The plan would give regulators the ability to increase margin requirements, something exchanges currently set. CME Group took issue with this in a statement released following the speech. “The Administration’s proposal to use margin requirements to control cash prices is misplaced. The Administration must recognize that exchanges, as the operators of regulated energy markets, are in the best position to monitor volatility and manage margin requirements. Margins are based on volatility and cannot be used to manage cash prices,” it said in a statement.
Congress had proposed similar measures following the spike in crude oil to near $150 per barrel in 2008 but they were never adopted.
CFTC Chairman Gary Gensler expressed support for the President’s proposal. “The recent increase in prices of gas at the pump affect every American family. It is but another reminder that markets need to be transparent, competitive, and free of fraud, manipulation and other abuses,” he said in a statement. “Furthermore, as markets include both hedgers and speculators, it is critical for market integrity that no single speculator is able to obtain an overly concentrated position.”

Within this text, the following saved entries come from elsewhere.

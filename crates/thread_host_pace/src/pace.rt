//! The pace of workers: threads that are away, workers that sleep, and turns of each thread.
//!
//! 1. A worker sleeps only where it finds nothing to take. Whoever leaves the lock, with a turn taken or a thread away,
//!    wakes a sleeper where a thread that is ready is not away, unless one was woken and has not looked since. So the
//!    sleepers are woken one by one as long as there is something to take, whatever the hook waits for in `between`.
//! 2. A thread whose last private turns were few takes the next ones in place, under the lock. Workers do not help each
//!    other there, so one of them leads: the others leave such threads to it, unless it is in `between`. If the hook waits for
//!    nobody ([`may_wait`](crate::may_wait)), the leader is back at once. Then the others leave those threads to it there too,
//!    nobody is woken for them, and the leader may take many turns before it releases the lock.
//! 3. A thread that goes away has a number of turns for it, twice what it took the last time; all that are away have no more
//!    than the budget leaves. Where they have all of it, a worker sleeps until one is back.
//! 4. A thread that is away is not overtaken without bound: the system may hold up the worker that has it, and the others, which
//!    may only poll for what that thread is to do, would use up the budget meanwhile. So past [`AHEAD`] times the longest
//!    stretch for each worker they sleep, though there is something to take. Who comes back then wakes all of them. A thread
//!    that is away comes back whatever the others do, so none of them sleeps for good.
//!
//! So a worker is at the lock, away with a thread, in the hook, asleep, woken, or has stopped. A sleeper waits until there is
//! something to take: a thread that is ready, not away, and not left to the leader, while those that are away leave a part of
//! the budget and none of them is overtaken too far. No contract says that it is woken then. The tests of `examples_ground`
//! (`pace`) look at all states of small runs for one in which it is not.

ghost use Rattle.std.specs.Prelude.{◌<◌, length};

use std::alloc::Global;
use turn_book::WORKER_LIMIT;
use want_of_memory::NoMemory;

/// How many threads a worker looks at for one to take. There are more of them than workers, so that it finds one that is not
/// away.
const MOST_LOOKS: usize = 64;

/// The private turns for which a copy of a thread pays.
const LEAST: u64 = 32;

/// The most private turns of a thread that is away for the first time, and of one that takes them in place.
const FIRST: u64 = 64;

/// How far a thread that is away may be overtaken: so many times the longest that one is away for, for each worker.
const AHEAD: u64 = 2;

/// How often a worker looks for something to take before it releases the lock, where the hook waits for nobody.
const LOOKS_AT_ONCE: u64 = 16;

/// A thread of which a worker takes private turns outside the lock, how many it may take, and how many turns the run had when it
/// went away.
#[derive(Clone, Copy, Debug, PartialEq, Eq, Hash)]
struct Away {
    thread: u32,
    most: u64,
    since: u64,
}

/// How many of those that sleep are to be woken.
#[derive(Clone, Copy, Debug, PartialEq, Eq, Hash)]
pub enum Wakes {
    Nobody,
    One,
    All,
}

/// Who is away, who sleeps, and how many private turns each thread took when it last took some.
#[derive(Clone, Debug, PartialEq, Eq, Hash, Drop)]
pub struct Pace {
    workers: u64,
    /// Whether the hook may wait for other workers between turns.
    may_wait: bool,
    /// The most private turns of a thread that is away.
    longest: u64,
    away: Vec<Away>,
    lasts: Vec<u64>,
    /// How many workers sleep and were not woken.
    asleep: u64,
    /// How many were woken and have not looked since.
    coming: u64,
    /// Whether a thread is back while one was overtaken too far, so that all that sleep are to be woken.
    wakes_all: bool,
    /// The worker that takes turns in place, plus one; 0 where there is none.
    leader: u64,
    /// The leader whose hook was called and had not come back, plus one, as far as it is known; else 0.
    beyond: u64,
    /// The thread whose private turns were taken last and came to an end, plus one; else 0.
    asking: u64,
}

impl Pace {
    /// Nobody is away or asleep, and of no thread it is known how many turns it takes. There are so many workers, at most so
    /// many threads, and a thread is away for at most so many turns. The hook may wait for other workers, or waits for nobody.
    ///
    /// # Errors
    ///
    /// `NoMemory` where memory is refused.
    pub fn new(
        alloc: Global,
        workers: u64,
        threads: usize,
        longest: u64,
        may_wait: bool,
    ) -> Result<Pace, NoMemory> {
        let away = Vec::with_capacity(alloc, WORKER_LIMIT as usize)?;
        let lasts = no_lasts(alloc, workers, threads)?;
        Ok(Pace {
            workers,
            may_wait,
            longest,
            away,
            lasts,
            asleep: 0,
            coming: 0,
            wakes_all: false,
            leader: 0,
            beyond: 0,
            asking: 0,
        })
    }

    /// Whether there is one worker.
    pub fn is_alone(&self) -> bool {
        self.workers <= 1
    }

    /// The place of the first thread from there on, and again from the first one, that this worker may take, where it is one
    /// of so many; else the place itself.
    pub fn place_from(&self, ready: &[u32], place: usize, worker: u64) -> usize
        requires { place < length ready.now }
        ensures { result < length ready.now }
    {
        for at in place..ready.len().min(place.saturating_add(MOST_LOOKS)) {
            if self.is_free(ready[at], worker) {
                return at;
            }
        }
        for at in 0..place.min(MOST_LOOKS) {
            if self.is_free(ready[at], worker) {
                return at;
            }
        }
        place
    }

    /// Whether a worker may take turns of a thread: it is not away, and it is not to be left to the leader.
    pub fn is_free(&self, thread: u32, worker: u64) -> bool {
        !self.is_away(thread) && !(self.is_led(worker) && self.is_short(thread))
    }

    fn is_away(&self, thread: u32) -> bool {
        self.away.iter().any(|away| away.thread == thread)
    }

    /// Whether another worker takes turns in place, and is on its way to the lock.
    fn is_led(&self, worker: u64) -> bool {
        self.leader != 0 && self.leader != worker.saturating_add(1) && self.leader != self.beyond
    }

    /// How often a worker may look for something to take before it releases the lock: once where its hook may wait, since that
    /// is called outside the lock.
    pub fn looks_at_once(&self) -> u64 {
        if self.may_wait { 1 } else { LOOKS_AT_ONCE }
    }

    /// Whether a thread took few private turns when it last took some.
    fn is_short(&self, thread: u32) -> bool {
        let last = self.last_of(thread);
        last > 0 && last < LEAST
    }

    /// How many private turns a thread took when it last took some; 0 where that is not known.
    fn last_of(&self, thread: u32) -> u64 {
        match self.lasts.get(thread as usize) {
            None => 0,
            Some(last) => *last,
        }
    }

    /// How many private turns are to be taken of a copy of a thread, with what the budget leaves; 0 where they are to be taken in
    /// place. One worker takes a copy only where the budget may end among them: if it does, they are let go, and the hook is
    /// asked anew for each of the last turns.
    pub fn turns_away(&self, thread: u32, spare: u64) -> u64 {
        if self.is_alone() {
            return if spare < FIRST { FIRST } else { 0 };
        }
        if self.is_short(thread) {
            return 0;
        }
        let twice = self.last_of(thread).saturating_mul(2);
        let most = twice.max(FIRST).min(self.longest).min(spare);
        if most < LEAST {
            return 0;
        }
        most
    }

    /// How many private turns may be taken in place, with what the budget leaves.
    pub fn turns_here(&self, spare: u64) -> u64 {
        spare.min(FIRST)
    }

    /// How many of the turns that the budget leaves are not for those that are away.
    pub fn spare(&self, left: u64) -> u64 {
        let mut spare = left;
        for away in self.away.iter() {
            spare = spare.saturating_sub(away.most);
        }
        spare
    }

    /// Room for one more that is away.
    ///
    /// # Errors
    ///
    /// `NoMemory` where memory is refused.
    pub fn make_room(&mut self) -> Result<(), NoMemory> {
        self.away.reserve(1)?;
        Ok(())
    }

    /// A worker goes away with a thread, for so many turns, when the run has so many. It leads no more.
    pub fn goes_away(&mut self, thread: u32, most: u64, worker: u64, since: u64) {
        self.asking = 0;
        let _ = self.away.push(Away {
            thread,
            most,
            since,
        });
        self.follows(worker);
    }

    /// A thread is back, with so many turns, when the run has so many.
    pub fn comes_back(&mut self, thread: u32, count: u64, turn: u64) {
        if self.is_overtaken(turn) {
            self.wakes_all = true;
        }
        self.away.retain(|away| away.thread != thread);
        self.took(thread, count);
    }

    /// Whether a thread has been away for so long that the others wait for it. The run has so many turns.
    pub fn is_overtaken(&self, turn: u64) -> bool {
        let ahead = self
            .longest
            .saturating_mul(AHEAD)
            .saturating_mul(self.workers);
        self.away
            .iter()
            .any(|away| turn.saturating_sub(away.since) > ahead)
    }

    /// A thread took so many private turns.
    fn took(&mut self, thread: u32, count: u64) {
        if let Some(last) = self.lasts.get_mut(thread as usize) {
            *last = count;
        }
    }

    /// A thread takes so many private turns in place, of so many that it was to take. Where it takes none, nothing new is known.
    pub fn went_along(&mut self, thread: u32, count: u64, most: u64) {
        if count == 0 {
            return;
        }
        self.took(thread, count);
        if count < most {
            self.asking = u64::from(thread).saturating_add(1);
        }
    }

    /// Whether it is known that the next turn of a thread is not private. Another turn is taken then, so it is known no more.
    pub fn asks(&mut self, thread: u32) -> bool {
        let asks = self.asking == u64::from(thread).saturating_add(1);
        self.asking = 0;
        asks
    }

    /// A worker takes turns in place. Of one worker it is not noted.
    pub fn leads(&mut self, worker: u64) {
        if !self.is_alone() {
            self.leader = worker.saturating_add(1);
        }
    }

    /// Whether a worker takes turns in place.
    fn is_leader(&self, worker: u64) -> bool {
        self.leader == worker.saturating_add(1)
    }

    /// Whether others are to know that a worker is in the hook: it takes turns in place, and may wait there.
    pub fn is_missed(&self, worker: u64) -> bool {
        self.may_wait && self.is_leader(worker)
    }

    fn follows(&mut self, worker: u64) {
        if self.is_leader(worker) {
            self.leader = 0;
        }
    }

    /// What is known of the leader's hook.
    pub fn hears(&mut self, beyond: u64) {
        self.beyond = beyond;
    }

    /// How many workers sleep and were not woken. Some of them may have woken up by themselves, and not have looked since.
    pub fn asleep(&self) -> u64 {
        self.asleep
    }

    /// How many workers were woken and have not looked since.
    pub fn coming(&self) -> u64 {
        self.coming
    }

    /// A worker sleeps.
    pub fn falls_asleep(&mut self, worker: u64) {
        self.follows(worker);
        self.asleep = self.asleep.saturating_add(1);
    }

    /// A worker that slept looks again. It may have been woken by nobody.
    pub fn wakes_up(&mut self) {
        if self.coming > 0 {
            self.coming = self.coming.saturating_sub(1);
        } else {
            self.asleep = self.asleep.saturating_sub(1);
        }
    }

    /// How many that sleep are to be woken now; they count as woken then. These threads are ready, and the run has so many
    /// turns.
    pub fn wakes(&mut self, ready: &[u32], turn: u64) -> Wakes {
        if self.wakes_all {
            self.wakes_all = false;
            self.coming = self.coming.saturating_add(self.asleep);
            self.asleep = 0;
            return Wakes::All;
        }
        if self.asleep == 0 || self.coming > 0 || !self.leaves_some(ready, turn) {
            return Wakes::Nobody;
        }
        self.asleep = self.asleep.saturating_sub(1);
        self.coming = 1;
        Wakes::One
    }

    /// Whether some of the ready threads are for a worker that sleeps, or none is ready, so that the run has ended. A leader
    /// whose hook waits for nobody comes for the short ones itself.
    fn leaves_some(&self, ready: &[u32], turn: u64) -> bool {
        if ready.is_empty() {
            return true;
        }
        if ready.len() <= self.away.len() {
            return false;
        }
        self.may_wait || self.leader == 0 || self.has_long(ready, turn)
    }

    /// Whether some of the threads are neither away nor short. Of many only some are looked at, others at another turn.
    fn has_long(&self, ready: &[u32], turn: u64) -> bool {
        let rows = ready.len() / MOST_LOOKS + 1;
        let row = (turn % rows as u64) as usize;
        ready
            .iter()
            .skip(row.saturating_mul(MOST_LOOKS))
            .take(MOST_LOOKS)
            .any(|thread| !self.is_short(*thread) && !self.is_away(*thread))
    }
}

/// A list of as many zeros as there are threads at most; an empty one where there is one worker, which needs none.
fn no_lasts(alloc: Global, workers: u64, threads: usize) -> Result<Vec<u64>, NoMemory> {
    let mut lasts = Vec::new(alloc);
    if workers > 1 {
        lasts.resize(threads, 0)?;
    }
    Ok(lasts)
}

The issue of whether speculators in the futures market in general, and long only commodity investment products in particular, are the cause of higher energy prices has been debated since crude oil made all time highs in the mid-2000s but there has been no clear evidence to support it. However, many in Congress blamed speculators for higher prices and provisions in the Dodd-Frank Act required the CFTC to set speculative position limits in energy markets. Those limits were passed in October but have not yet gone into effect.
In the past, CFTC officials in supporting such measures have been careful to point out that the Commission is not a price setting agency. There was no such caution today.
CFTC commissioner Bart Chilton, a longtime advocate of limits, praised the president's proposal. “It is critically important that we kick-start the bureaucracy and get speculative position limits in place, now," Chilton said in an emailed statement. "We have been turning procrastination into an art form by not doing what Congress and the President clearly told us to do.”
Industry professionals were quick to defend the markets and speculators. Phil Flynn, an energy analyst at PFGBest, called the attack on speculators “the most dangerous economic myth since the idea that everybody should be able to afford a home.”
He consistently has defended speculators, asserting they have an important role to play in the market. “When we talk about speculators, people don’t realize what speculators actually do. They are assuming the risk and creating liquidity,” Flynn says. “And let’s face it, the risk to oil supply has been heighted dramatically over the last few years.”
Others have pointed out that government officials have been quick to blame speculators for higher prices in oil, but failed to recognize their role in other markets. “Natural gas prices are near all-time lows; should we applaud speculators for that?” asks Stanley Haar, principal at Haar Capital Management.
He calls the President’s proposal “totally off-target” and says it actually is worse than doing nothing at all. “This gives the impression of doing something to lower energy prices when in reality it will do nothing,” he says.
Much of the $52 million proposal would go toward bolstering CFTC market surveillance and enforcement. Haar says this would be “throwing more money down the drain.” He has been vocal in his criticism of the CFTC following the Oct. 31 bankruptcy of MF global. “The best part of Obama’s speech to me was when he talked about needing ‘more cops on the beat.’ These people haven’t done their job in the past. They did nothing to stop or solve the MF Global problem,” he says. “It doesn’t have the will to use the money it already has, why give it more? I would ban the whole CFTC and use the money for deficit reduction.”
Ultimately, Flynn called today’s proposal just more political positioning. “President Obama is trying to raise an issue for political purposes on rising gas prices,” he says. “This is just another political red herring. It probably won’t go anywhere; Republicans are not going to go for this.”